[Saved entries]

--------------------------------------------------

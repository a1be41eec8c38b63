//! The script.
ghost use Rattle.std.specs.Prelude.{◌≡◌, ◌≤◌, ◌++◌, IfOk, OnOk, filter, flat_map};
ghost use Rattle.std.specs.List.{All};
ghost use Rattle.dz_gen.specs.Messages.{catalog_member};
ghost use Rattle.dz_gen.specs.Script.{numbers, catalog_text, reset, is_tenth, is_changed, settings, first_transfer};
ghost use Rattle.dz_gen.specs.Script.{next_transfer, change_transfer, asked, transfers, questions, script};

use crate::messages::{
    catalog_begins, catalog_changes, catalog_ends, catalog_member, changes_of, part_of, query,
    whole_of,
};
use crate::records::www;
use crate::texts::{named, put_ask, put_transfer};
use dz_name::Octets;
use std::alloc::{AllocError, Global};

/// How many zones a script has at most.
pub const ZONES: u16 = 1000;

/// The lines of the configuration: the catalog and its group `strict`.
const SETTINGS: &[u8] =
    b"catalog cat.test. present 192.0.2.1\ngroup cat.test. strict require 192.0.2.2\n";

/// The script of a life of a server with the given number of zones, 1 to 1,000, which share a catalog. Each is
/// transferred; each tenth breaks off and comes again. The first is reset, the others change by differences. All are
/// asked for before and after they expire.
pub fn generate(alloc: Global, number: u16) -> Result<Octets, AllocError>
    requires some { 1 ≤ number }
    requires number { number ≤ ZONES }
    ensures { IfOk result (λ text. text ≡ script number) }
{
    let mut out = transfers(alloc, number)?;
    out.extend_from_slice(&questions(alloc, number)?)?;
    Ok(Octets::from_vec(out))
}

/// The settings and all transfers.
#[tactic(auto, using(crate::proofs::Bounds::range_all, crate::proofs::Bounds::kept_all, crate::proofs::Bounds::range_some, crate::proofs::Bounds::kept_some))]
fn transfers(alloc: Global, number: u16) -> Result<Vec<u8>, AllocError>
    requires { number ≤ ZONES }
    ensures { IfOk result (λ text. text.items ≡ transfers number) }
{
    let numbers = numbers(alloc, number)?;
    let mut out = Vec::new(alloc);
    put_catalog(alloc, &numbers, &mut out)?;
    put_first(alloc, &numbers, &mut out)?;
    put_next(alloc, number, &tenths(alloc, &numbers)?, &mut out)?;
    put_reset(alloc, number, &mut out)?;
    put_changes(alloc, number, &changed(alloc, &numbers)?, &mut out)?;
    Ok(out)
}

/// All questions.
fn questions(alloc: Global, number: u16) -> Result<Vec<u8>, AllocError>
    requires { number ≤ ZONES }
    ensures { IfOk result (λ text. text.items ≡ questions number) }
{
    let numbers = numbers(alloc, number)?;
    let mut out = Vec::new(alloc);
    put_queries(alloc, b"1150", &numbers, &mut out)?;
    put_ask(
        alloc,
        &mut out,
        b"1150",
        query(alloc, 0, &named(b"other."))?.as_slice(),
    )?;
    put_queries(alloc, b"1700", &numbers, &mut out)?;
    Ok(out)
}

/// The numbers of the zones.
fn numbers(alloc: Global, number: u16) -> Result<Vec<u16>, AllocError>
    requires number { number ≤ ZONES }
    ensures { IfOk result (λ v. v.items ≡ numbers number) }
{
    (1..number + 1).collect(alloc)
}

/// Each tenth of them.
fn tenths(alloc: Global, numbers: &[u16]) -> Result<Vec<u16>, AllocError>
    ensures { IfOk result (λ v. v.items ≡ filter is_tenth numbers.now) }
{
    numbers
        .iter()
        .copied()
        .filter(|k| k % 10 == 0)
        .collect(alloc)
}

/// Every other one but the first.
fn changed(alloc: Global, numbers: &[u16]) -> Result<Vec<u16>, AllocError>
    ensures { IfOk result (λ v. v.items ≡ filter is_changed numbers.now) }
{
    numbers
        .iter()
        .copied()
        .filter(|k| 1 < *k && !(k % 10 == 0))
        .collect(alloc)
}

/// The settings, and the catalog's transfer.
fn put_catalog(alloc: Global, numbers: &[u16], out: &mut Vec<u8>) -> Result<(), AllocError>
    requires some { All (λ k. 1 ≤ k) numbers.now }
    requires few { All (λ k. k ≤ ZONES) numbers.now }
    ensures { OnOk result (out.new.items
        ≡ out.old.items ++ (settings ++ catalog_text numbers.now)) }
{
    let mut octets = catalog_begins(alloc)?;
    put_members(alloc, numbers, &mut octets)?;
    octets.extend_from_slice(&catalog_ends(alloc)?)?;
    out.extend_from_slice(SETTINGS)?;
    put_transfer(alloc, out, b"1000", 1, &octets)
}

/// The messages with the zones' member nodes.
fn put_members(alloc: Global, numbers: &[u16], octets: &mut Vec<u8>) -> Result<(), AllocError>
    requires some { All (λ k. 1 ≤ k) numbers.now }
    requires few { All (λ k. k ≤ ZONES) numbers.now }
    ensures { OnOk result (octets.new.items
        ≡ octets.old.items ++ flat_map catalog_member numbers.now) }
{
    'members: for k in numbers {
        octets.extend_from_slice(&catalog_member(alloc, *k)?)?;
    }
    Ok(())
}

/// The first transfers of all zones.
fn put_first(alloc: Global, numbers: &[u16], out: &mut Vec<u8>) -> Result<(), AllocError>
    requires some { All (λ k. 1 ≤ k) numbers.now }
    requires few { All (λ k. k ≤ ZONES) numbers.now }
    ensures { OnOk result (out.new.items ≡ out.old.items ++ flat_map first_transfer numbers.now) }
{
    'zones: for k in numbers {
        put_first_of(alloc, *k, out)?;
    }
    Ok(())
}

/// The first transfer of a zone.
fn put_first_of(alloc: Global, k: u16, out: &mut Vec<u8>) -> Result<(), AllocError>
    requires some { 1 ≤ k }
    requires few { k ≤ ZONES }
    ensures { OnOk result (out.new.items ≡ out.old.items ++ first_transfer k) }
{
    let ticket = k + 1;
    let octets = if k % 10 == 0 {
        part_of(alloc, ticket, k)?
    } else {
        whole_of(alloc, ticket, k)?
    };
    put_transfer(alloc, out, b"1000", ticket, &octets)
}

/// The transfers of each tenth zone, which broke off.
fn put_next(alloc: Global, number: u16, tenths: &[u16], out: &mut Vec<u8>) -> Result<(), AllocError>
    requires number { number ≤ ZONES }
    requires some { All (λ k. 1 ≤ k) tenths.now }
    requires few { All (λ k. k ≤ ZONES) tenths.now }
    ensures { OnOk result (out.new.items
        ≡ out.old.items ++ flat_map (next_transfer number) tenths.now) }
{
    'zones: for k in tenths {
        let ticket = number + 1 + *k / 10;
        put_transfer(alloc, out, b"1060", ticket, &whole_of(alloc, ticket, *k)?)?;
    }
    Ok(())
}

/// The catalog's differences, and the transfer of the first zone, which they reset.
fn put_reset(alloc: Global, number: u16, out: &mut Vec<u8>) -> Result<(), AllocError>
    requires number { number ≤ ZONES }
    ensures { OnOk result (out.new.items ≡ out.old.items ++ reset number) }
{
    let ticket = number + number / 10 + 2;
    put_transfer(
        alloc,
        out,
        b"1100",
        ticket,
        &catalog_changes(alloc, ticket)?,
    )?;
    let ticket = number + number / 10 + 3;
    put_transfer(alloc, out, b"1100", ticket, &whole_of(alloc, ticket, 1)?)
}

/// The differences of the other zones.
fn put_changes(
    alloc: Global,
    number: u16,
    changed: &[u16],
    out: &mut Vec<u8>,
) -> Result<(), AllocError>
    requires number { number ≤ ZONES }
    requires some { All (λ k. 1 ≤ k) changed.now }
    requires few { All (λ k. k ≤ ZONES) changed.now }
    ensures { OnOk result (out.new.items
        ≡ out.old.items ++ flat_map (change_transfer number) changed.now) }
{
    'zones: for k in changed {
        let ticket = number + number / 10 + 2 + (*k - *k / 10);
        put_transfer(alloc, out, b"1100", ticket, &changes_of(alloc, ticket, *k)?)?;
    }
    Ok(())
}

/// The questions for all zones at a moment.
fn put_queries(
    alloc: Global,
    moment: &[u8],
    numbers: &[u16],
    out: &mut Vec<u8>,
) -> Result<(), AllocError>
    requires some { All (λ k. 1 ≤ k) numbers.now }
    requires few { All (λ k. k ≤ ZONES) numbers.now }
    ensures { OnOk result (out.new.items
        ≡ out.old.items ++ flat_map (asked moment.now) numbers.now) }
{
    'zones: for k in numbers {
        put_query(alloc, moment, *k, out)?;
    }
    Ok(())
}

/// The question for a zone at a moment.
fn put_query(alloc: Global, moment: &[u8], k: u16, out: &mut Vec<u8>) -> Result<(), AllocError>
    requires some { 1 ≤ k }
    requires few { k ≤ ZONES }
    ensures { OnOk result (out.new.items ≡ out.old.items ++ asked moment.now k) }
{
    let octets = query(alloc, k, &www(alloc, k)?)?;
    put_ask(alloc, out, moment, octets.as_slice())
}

--------------------------------------------------

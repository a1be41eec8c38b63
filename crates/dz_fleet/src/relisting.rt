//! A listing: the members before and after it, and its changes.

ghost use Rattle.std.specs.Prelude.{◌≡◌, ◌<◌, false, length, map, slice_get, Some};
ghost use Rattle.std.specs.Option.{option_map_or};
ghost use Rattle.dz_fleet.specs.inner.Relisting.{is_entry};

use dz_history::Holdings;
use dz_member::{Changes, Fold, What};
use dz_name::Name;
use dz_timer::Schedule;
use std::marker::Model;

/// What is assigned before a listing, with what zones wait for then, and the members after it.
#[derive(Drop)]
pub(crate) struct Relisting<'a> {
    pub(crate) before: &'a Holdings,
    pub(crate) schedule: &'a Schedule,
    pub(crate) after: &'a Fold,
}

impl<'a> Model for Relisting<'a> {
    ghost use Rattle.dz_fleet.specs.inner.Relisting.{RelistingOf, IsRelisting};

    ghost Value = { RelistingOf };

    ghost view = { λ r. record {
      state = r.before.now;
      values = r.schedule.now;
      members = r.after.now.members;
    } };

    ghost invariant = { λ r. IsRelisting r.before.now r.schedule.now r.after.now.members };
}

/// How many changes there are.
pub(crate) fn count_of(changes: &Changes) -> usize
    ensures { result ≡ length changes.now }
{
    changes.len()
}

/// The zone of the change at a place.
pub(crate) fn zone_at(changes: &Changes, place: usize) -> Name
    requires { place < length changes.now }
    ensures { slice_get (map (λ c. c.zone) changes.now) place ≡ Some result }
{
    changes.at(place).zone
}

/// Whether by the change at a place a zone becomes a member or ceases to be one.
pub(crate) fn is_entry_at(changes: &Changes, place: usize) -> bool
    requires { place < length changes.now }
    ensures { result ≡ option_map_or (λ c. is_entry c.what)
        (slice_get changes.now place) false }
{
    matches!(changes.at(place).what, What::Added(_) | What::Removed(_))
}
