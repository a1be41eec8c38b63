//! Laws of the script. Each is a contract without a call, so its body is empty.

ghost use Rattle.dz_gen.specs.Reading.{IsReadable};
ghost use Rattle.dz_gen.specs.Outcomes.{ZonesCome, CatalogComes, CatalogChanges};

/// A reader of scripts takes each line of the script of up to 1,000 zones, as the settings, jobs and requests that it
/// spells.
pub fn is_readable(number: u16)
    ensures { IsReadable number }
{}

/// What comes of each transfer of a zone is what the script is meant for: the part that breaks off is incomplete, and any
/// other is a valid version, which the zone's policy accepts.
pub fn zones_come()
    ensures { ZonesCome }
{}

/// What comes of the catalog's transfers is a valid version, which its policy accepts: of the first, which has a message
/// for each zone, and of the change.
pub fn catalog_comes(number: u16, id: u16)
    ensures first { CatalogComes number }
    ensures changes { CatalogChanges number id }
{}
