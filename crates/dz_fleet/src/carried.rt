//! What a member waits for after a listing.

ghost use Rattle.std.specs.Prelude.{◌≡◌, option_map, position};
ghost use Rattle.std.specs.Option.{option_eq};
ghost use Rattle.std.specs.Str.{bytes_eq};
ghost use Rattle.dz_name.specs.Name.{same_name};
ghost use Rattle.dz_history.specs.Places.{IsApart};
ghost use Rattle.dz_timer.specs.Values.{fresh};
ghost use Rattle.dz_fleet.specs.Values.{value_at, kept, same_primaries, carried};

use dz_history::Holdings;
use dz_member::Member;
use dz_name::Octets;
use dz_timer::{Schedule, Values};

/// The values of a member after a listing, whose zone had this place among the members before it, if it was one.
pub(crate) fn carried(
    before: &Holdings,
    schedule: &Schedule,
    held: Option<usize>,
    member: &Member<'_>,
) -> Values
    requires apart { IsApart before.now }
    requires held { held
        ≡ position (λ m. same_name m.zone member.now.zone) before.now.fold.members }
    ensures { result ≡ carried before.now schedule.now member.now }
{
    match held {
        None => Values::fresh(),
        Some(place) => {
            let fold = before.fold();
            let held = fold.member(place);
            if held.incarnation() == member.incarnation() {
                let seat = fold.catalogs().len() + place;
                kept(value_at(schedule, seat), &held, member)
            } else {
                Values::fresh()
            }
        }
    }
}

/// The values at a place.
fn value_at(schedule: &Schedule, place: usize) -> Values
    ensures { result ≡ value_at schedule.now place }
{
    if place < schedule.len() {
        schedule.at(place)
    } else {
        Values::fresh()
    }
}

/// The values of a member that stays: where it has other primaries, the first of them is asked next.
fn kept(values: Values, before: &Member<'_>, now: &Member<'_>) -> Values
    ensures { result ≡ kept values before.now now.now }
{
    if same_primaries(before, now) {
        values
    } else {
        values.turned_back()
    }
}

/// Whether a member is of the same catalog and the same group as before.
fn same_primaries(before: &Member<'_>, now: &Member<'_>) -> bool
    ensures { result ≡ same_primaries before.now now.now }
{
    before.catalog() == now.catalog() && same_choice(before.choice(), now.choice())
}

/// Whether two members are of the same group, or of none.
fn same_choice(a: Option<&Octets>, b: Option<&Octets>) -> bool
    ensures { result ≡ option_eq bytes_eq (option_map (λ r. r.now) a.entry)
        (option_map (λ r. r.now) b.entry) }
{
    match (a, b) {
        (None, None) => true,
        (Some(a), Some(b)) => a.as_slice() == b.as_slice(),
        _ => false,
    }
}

--------------------------------------------------

Some lines of the data may hold the word "bool". Say how many do, with nothing else.

3